Stored data entries:
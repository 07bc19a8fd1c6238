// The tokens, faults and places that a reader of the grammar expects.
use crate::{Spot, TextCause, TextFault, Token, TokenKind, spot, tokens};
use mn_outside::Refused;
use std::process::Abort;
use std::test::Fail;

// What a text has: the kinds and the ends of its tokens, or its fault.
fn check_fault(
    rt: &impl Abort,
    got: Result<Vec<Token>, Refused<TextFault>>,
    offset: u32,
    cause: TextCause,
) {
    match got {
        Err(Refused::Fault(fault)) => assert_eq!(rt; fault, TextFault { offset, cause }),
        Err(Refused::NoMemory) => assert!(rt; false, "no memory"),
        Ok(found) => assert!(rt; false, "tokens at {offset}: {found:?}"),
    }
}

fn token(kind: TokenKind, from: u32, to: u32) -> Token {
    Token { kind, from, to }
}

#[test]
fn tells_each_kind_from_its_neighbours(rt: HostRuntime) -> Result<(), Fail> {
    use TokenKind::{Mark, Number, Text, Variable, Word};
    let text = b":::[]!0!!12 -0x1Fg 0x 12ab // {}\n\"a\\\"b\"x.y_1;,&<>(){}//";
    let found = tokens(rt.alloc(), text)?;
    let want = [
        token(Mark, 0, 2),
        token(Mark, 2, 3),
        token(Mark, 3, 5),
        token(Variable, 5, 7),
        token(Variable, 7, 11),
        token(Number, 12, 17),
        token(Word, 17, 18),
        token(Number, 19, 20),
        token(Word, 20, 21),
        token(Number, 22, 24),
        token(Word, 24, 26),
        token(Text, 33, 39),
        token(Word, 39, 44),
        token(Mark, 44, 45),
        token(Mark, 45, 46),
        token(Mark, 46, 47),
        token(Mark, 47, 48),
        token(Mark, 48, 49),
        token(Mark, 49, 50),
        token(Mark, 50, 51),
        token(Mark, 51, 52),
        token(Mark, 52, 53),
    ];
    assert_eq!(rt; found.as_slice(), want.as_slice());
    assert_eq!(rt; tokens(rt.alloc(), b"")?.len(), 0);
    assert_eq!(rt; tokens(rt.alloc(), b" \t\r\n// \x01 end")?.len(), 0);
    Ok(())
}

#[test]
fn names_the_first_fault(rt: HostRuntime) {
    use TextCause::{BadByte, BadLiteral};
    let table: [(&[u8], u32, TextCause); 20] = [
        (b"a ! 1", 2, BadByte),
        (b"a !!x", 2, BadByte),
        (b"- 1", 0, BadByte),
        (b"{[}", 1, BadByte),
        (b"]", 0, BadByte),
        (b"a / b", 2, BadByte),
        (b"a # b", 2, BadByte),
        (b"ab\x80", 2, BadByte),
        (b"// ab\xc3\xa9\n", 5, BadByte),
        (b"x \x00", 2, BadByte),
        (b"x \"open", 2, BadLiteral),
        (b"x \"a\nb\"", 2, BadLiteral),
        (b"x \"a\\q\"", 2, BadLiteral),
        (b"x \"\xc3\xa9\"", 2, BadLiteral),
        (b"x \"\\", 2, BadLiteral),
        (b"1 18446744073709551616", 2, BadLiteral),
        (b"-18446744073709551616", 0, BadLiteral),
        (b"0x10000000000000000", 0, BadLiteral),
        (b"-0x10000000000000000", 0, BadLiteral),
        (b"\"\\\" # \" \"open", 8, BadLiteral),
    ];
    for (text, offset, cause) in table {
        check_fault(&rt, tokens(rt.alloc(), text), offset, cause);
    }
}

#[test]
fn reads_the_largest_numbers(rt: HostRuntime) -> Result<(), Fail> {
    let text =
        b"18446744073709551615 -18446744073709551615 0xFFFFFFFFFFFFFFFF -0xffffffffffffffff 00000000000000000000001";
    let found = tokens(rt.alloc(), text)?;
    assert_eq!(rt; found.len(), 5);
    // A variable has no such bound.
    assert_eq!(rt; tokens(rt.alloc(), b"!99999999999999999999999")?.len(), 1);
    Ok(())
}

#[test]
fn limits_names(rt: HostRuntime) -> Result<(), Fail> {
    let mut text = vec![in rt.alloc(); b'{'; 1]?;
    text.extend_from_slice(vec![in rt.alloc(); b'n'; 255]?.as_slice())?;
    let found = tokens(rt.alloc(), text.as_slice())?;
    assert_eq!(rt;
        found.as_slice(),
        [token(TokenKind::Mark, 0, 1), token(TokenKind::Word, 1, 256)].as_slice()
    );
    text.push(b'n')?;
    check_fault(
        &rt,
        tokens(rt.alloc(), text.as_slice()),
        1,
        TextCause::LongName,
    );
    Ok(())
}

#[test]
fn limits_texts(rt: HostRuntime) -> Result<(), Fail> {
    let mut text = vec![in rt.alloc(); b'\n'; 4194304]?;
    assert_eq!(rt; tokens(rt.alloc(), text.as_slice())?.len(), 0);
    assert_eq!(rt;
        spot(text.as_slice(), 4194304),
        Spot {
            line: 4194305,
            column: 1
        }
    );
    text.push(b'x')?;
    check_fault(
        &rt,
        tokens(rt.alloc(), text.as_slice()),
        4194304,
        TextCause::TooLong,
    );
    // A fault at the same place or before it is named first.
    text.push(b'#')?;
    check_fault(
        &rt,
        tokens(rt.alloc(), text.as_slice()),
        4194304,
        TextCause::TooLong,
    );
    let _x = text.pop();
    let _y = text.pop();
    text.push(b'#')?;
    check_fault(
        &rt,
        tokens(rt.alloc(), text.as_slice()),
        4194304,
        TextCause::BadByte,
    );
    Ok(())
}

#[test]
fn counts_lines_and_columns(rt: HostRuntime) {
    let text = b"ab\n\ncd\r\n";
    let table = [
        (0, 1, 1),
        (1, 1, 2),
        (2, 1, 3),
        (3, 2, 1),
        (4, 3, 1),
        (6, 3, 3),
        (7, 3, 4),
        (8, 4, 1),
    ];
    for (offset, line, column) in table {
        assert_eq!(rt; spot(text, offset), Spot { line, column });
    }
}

* * *

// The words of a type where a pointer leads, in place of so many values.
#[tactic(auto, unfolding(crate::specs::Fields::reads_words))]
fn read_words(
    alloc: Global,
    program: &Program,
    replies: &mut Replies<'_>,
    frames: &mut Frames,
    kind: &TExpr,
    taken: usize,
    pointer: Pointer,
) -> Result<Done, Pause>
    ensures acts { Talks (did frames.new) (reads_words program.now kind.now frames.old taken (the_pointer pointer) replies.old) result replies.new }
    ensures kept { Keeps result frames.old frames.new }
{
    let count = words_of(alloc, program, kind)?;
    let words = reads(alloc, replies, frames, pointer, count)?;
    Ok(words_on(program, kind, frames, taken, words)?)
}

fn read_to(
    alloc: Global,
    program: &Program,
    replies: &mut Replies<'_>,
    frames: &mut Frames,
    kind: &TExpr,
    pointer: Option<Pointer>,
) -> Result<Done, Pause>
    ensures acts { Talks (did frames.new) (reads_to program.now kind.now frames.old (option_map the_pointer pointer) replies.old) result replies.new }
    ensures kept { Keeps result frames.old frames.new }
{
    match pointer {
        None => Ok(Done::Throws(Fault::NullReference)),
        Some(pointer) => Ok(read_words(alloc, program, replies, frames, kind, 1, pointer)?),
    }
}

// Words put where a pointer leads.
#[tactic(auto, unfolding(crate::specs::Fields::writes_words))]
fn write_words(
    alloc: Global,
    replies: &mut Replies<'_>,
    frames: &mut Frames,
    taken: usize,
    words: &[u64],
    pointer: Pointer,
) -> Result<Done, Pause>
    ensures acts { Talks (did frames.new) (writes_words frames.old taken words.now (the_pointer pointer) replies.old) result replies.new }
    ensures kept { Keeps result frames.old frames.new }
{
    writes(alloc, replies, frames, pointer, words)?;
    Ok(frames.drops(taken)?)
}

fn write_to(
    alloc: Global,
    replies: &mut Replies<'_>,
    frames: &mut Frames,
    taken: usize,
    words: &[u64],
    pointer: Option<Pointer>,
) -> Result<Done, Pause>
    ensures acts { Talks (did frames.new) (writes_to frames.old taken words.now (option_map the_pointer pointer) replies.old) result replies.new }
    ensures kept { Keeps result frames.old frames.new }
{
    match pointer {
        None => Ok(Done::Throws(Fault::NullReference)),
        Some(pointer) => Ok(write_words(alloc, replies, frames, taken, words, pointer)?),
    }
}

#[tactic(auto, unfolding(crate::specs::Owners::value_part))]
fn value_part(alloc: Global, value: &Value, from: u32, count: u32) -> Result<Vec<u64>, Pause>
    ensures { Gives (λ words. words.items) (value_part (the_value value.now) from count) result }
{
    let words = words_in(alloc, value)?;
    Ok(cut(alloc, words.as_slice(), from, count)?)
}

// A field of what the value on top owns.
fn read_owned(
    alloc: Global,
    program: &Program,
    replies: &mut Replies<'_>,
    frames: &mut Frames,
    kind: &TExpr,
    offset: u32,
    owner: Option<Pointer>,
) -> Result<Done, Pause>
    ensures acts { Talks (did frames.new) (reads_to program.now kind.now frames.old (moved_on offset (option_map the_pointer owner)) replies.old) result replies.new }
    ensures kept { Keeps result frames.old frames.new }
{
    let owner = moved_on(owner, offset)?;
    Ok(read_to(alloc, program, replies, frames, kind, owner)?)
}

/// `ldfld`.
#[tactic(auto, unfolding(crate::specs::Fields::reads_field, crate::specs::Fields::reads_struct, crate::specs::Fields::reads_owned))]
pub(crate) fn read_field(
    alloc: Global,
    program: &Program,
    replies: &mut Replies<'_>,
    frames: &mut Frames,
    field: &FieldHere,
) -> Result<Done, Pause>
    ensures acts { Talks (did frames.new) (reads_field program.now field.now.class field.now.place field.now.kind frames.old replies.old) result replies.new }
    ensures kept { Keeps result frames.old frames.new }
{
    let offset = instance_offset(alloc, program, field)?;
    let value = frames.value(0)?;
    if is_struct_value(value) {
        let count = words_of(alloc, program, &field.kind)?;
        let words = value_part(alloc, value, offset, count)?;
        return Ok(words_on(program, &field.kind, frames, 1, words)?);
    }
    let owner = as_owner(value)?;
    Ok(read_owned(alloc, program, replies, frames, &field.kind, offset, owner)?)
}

*What you have to do*.
Examine the records and pull out every line where the string "auto" occurs.

*Your solution*.
#[tactic(auto, unfolding(crate::specs::Fields::reads_words))]
#[tactic(auto, unfolding(crate::specs::Fields::writes_words))]
#[tactic(auto, unfolding(crate::specs::Owners::value_part))]
#[tactic(auto, unfolding(crate::specs::Fields::reads_field, crate::specs::Fields::reads_struct, crate::specs::Fields::reads_owned))]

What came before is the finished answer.